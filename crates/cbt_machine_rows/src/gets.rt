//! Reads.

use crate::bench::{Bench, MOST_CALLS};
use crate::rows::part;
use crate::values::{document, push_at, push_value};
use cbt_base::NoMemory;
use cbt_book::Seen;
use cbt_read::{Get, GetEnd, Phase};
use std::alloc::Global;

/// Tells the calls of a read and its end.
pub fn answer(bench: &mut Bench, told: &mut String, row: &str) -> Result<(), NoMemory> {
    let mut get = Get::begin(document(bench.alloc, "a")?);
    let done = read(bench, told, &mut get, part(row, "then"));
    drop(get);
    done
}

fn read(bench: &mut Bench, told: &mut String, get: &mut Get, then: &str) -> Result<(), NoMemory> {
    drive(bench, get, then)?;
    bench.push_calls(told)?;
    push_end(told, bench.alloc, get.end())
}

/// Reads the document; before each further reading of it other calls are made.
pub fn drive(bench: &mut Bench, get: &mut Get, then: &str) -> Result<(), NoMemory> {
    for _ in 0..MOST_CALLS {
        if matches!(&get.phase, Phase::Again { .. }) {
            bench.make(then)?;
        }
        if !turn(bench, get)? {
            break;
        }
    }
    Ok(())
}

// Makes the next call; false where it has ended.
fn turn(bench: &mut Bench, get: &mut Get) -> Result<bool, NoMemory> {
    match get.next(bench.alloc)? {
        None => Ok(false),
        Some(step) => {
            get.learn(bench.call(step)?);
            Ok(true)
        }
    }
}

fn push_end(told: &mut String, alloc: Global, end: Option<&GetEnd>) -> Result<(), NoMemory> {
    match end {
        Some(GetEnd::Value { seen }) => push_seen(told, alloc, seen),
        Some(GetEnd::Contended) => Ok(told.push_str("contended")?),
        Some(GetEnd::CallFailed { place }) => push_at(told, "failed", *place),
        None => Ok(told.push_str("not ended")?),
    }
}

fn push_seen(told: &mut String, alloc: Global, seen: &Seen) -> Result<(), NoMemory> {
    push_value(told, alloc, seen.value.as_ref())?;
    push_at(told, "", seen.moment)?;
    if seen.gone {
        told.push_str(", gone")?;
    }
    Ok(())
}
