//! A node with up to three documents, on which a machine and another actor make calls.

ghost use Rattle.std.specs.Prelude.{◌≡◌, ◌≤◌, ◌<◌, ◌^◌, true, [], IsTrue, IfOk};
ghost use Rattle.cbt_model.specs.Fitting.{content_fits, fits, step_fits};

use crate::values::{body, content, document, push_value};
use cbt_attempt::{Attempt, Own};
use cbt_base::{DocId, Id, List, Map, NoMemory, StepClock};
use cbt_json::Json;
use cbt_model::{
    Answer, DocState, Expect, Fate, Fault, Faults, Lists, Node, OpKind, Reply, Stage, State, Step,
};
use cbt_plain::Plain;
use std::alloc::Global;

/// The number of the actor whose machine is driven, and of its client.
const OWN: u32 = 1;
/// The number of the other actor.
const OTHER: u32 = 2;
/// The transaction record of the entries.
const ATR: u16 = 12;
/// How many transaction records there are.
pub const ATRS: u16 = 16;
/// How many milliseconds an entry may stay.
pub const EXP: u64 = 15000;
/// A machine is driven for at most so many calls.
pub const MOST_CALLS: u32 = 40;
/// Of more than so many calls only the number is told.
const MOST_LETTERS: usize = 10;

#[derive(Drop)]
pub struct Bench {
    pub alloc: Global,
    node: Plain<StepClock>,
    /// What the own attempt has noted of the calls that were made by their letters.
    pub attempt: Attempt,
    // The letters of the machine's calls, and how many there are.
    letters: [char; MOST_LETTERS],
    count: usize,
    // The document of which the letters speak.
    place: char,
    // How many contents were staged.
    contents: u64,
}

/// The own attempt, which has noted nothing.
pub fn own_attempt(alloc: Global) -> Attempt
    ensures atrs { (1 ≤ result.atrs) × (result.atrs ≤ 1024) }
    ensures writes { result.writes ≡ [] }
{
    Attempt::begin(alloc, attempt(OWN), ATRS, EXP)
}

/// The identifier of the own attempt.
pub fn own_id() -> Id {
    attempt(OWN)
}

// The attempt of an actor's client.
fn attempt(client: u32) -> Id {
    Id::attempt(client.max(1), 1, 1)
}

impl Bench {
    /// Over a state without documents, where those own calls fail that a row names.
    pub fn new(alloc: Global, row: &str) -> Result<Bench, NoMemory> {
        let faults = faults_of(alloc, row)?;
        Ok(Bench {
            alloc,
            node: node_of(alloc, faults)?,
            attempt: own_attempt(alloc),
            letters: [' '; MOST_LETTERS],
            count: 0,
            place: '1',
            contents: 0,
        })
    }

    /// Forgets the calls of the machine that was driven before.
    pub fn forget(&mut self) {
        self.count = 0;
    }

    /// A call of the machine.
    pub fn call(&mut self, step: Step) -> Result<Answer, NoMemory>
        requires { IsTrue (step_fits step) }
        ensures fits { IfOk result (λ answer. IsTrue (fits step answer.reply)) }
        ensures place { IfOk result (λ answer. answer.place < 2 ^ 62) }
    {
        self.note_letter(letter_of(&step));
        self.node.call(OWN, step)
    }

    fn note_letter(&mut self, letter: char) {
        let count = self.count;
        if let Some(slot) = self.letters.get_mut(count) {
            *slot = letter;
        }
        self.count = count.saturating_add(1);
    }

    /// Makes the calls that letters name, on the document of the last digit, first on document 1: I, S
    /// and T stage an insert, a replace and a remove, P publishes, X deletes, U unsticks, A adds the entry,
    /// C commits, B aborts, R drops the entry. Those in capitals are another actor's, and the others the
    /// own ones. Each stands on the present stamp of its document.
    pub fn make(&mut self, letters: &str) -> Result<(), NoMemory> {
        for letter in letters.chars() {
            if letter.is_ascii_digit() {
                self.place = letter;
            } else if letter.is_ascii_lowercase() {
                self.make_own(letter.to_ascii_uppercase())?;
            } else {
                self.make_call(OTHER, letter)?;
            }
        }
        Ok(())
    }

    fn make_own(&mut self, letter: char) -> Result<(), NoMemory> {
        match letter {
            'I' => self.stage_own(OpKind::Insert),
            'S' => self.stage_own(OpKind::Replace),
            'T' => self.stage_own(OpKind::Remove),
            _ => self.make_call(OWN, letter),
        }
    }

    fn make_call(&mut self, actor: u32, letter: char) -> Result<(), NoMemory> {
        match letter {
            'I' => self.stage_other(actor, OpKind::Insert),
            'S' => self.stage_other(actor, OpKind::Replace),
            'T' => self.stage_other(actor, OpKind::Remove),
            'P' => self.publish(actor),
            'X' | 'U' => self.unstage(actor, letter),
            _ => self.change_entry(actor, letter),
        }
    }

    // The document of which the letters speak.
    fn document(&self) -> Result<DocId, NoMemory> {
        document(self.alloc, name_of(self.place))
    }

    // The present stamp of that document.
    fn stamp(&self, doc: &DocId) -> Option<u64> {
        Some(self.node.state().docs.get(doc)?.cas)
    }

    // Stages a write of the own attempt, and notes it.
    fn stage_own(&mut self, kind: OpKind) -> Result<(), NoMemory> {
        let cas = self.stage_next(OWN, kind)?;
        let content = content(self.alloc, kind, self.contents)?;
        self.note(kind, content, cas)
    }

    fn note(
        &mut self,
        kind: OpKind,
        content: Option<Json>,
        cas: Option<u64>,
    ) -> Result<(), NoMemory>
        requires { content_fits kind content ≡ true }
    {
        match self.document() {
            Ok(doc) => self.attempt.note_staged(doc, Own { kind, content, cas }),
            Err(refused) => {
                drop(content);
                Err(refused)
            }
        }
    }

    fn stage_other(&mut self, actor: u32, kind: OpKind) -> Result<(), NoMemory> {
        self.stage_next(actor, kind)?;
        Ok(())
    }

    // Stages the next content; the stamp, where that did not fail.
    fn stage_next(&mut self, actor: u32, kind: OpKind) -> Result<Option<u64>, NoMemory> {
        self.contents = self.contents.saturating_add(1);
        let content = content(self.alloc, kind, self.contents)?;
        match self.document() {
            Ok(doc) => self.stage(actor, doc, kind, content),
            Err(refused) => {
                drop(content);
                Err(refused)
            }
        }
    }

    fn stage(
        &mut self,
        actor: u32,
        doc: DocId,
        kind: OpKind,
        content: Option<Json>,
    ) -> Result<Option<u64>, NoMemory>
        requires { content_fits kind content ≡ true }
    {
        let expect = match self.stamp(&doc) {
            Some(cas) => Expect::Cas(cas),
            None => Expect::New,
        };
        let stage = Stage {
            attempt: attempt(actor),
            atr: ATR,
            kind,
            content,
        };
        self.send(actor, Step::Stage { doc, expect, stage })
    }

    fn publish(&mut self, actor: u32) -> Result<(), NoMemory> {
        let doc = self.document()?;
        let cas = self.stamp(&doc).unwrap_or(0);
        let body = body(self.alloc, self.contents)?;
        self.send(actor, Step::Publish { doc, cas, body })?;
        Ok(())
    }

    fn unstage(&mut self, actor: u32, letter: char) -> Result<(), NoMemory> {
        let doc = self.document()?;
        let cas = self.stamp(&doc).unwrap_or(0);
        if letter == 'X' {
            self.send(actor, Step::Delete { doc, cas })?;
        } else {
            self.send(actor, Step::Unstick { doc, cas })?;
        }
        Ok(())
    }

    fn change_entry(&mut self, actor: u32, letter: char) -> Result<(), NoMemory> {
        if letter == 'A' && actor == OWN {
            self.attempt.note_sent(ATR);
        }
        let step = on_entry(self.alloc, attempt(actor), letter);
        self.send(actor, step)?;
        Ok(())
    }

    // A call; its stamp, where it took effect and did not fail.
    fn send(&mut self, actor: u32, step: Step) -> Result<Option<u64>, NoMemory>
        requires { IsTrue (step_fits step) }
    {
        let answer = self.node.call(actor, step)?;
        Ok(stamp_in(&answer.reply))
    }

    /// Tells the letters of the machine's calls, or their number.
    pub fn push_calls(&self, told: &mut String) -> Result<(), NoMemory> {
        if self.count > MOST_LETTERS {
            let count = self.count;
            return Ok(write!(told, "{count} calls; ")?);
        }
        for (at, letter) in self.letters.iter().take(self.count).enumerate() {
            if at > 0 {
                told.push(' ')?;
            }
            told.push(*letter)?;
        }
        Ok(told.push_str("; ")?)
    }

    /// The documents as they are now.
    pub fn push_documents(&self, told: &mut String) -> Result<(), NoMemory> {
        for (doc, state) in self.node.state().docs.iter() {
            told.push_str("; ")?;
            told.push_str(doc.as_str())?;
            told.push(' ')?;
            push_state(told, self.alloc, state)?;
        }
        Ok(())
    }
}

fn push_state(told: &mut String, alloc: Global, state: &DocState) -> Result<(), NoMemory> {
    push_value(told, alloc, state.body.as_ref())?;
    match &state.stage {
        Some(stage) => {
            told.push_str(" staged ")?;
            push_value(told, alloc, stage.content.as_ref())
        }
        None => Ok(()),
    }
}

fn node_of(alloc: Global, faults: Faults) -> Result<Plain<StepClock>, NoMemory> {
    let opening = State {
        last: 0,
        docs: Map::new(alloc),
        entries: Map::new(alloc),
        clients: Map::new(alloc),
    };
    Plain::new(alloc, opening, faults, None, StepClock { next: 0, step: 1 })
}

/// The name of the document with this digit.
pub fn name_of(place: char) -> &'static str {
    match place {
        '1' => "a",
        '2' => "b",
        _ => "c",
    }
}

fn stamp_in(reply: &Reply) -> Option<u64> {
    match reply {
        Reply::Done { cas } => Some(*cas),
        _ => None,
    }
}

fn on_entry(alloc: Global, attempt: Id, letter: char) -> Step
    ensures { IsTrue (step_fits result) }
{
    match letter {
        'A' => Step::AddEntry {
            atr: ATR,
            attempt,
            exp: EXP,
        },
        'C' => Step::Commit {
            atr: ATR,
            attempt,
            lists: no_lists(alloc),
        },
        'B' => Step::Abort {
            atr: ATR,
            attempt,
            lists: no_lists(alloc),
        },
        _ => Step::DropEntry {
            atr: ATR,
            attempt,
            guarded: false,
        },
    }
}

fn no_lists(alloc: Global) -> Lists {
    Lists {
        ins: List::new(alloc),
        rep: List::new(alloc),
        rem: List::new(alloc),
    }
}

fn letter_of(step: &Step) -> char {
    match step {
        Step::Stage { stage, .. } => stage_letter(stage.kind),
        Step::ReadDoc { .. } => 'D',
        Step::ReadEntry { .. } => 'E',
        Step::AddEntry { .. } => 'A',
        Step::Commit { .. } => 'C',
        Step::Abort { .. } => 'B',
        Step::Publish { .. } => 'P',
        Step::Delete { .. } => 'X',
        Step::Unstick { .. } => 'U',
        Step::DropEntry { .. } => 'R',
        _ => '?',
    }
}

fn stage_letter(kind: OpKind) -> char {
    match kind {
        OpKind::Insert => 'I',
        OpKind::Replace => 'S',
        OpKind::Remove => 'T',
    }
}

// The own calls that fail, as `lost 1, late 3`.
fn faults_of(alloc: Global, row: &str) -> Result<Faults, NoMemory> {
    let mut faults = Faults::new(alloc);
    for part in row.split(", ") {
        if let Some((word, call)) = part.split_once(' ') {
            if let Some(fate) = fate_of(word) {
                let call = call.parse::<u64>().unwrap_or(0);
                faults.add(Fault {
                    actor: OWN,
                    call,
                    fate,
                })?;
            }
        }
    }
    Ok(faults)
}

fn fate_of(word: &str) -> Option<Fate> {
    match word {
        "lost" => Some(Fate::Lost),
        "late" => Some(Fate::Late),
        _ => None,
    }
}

========================================================================

→ **EXERCISE DESCRIPTION**
Each line above holding the word "lost" counts; reply with how many there are, only the number.

→ **OUTPUT OF THE TASK**
2